Crutches: I had to use a crutch to get through the song, what I did was make a scratch vocal that called out changes like this:

"Chorus, A ... A ... B ... A ... A1 ..." and at the end of chorus 3, simply "Head."

I had to do this in order to keep track without counting all the changes so I could be free to improvise. I know that this would not work for a live situation, you'd have to keep track of where you are and listen closely for the changes, but this crutch made it possible for me to contribute something. This is just a tip for other newbies who may feel the need to "cheat" a little.

----------


## Jairo Ramos Parra

> What does compression do? Is it necessary? I haven't used it yet. Should I?


IMHO, stay away from audio compression...it requires a big learning curve. In acoustic home recordings reverb, eq, mix will be enough. David's  recordings sound awesome to me, but maybe he has years of experience. Audio compression has great debate in professional recordings...but that's another story...

----------

DavidKOS, 

Jess L.

----------


## DavidKOS

> IMHO, stay away from audio compression...it requires a big learning curve. In acoustic home recordings reverb, eq, mix will be enough. David's  recordings sound awesome to me, but maybe he has years of experience. Audio compression has great debate in professional recordings...but that's another story...

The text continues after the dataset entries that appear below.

//! The mission of a number, and the laws of the texts that are drawn.

ghost use Rattle.std.specs.Prelude.{◌≡◌, IfOk};
ghost use Rattle.sift_gen.specs.Scenario.{tree_of};
ghost use Rattle.sift_scenario.specs.Mission.{IsMission};
ghost use Rattle.sift_mission.specs.Parts.{data_of};
ghost use Rattle.sift_trial.specs.Texts.{DrawnTasksAreBrief, DrawnTextsAreTasks};
ghost use Rattle.sift_trial.specs.Laws.{DrawnMissionsHaveNoStorms, DrawnTreesAreMissions};

use sift_base::{NoMemory, Stop};
use sift_gen::scenario_tree;
use sift_mission::Mission;
use sift_parse::printed_tree_is_task;
use sift_scenario::{Refused, mission_of};
use sift_table::plain_tables_are_good;
use std::alloc::Global;

/// The mission of the scenario with this number.
///
/// No number is refused, since the tree of each states a mission: what can be wanting is memory alone.
pub fn drawn_mission(alloc: Global, number: u64) -> Result<Mission, NoMemory>
    ensures { IfOk result (λ mission. IsMission (tree_of number) (data_of mission)) }
{
    let tree = scenario_tree(alloc, number)?;
    drawn_trees_are_missions();
    match mission_of(alloc, &tree) {
        Ok(mission) => Ok(mission),
        Err(why) => Err(wanting(why)),
    }
}

/// The want of memory for which there is no mission, where nothing is refused.
fn wanting(why: Stop<Refused>) -> NoMemory
    requires { why ≡ Stop.NoMemory }
{
    match why {
        Stop::NoMemory => NoMemory,
        Stop::Refused(_) => unreachable!(),
    }
}

// ---- laws

/// The text of each task that is drawn is a task, with the tree of its pattern.
pub fn drawn_texts_are_tasks()
    ensures { DrawnTextsAreTasks }
{
    printed_tree_is_task();
}

/// Its code is short, and ends after few steps.
pub fn drawn_tasks_are_brief()
    ensures { DrawnTasksAreBrief }
{}

/// The tree of every number states a mission: for each number that a trial may be asked for.
pub fn drawn_trees_are_missions()
    ensures { DrawnTreesAreMissions }
{
    drawn_texts_are_tasks();
    drawn_tasks_are_brief();
    plain_tables_are_good();
}

/// No unit of the mission of a number turns stray: its one fault is a wrong word.
pub fn drawn_missions_have_no_storms()
    ensures { DrawnMissionsHaveNoStorms }
{}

Jairo, it's not that hard to learn to use a bit of judicious compression. Plus, like you, I'd rather hear the original uncompressed performance than some of the butchered things I've heard where compressors are used as an audio weapon.

Yes, I do have a history of recording and engineering...but this is something that can be learned. To use compression at the level we want for acoustic mandolin is a far cry from the " big learning curve" stuff used for dance and pop production. It's not that hard to get a good mandolin sound with a little experimentation.

All we need is a simple compressor such as all DAWS have and to set it - and try to find a preset! - that gently makes the mandolin sound better. A bit of EQ that cuts out low frequencies is another common thing to add to the mix.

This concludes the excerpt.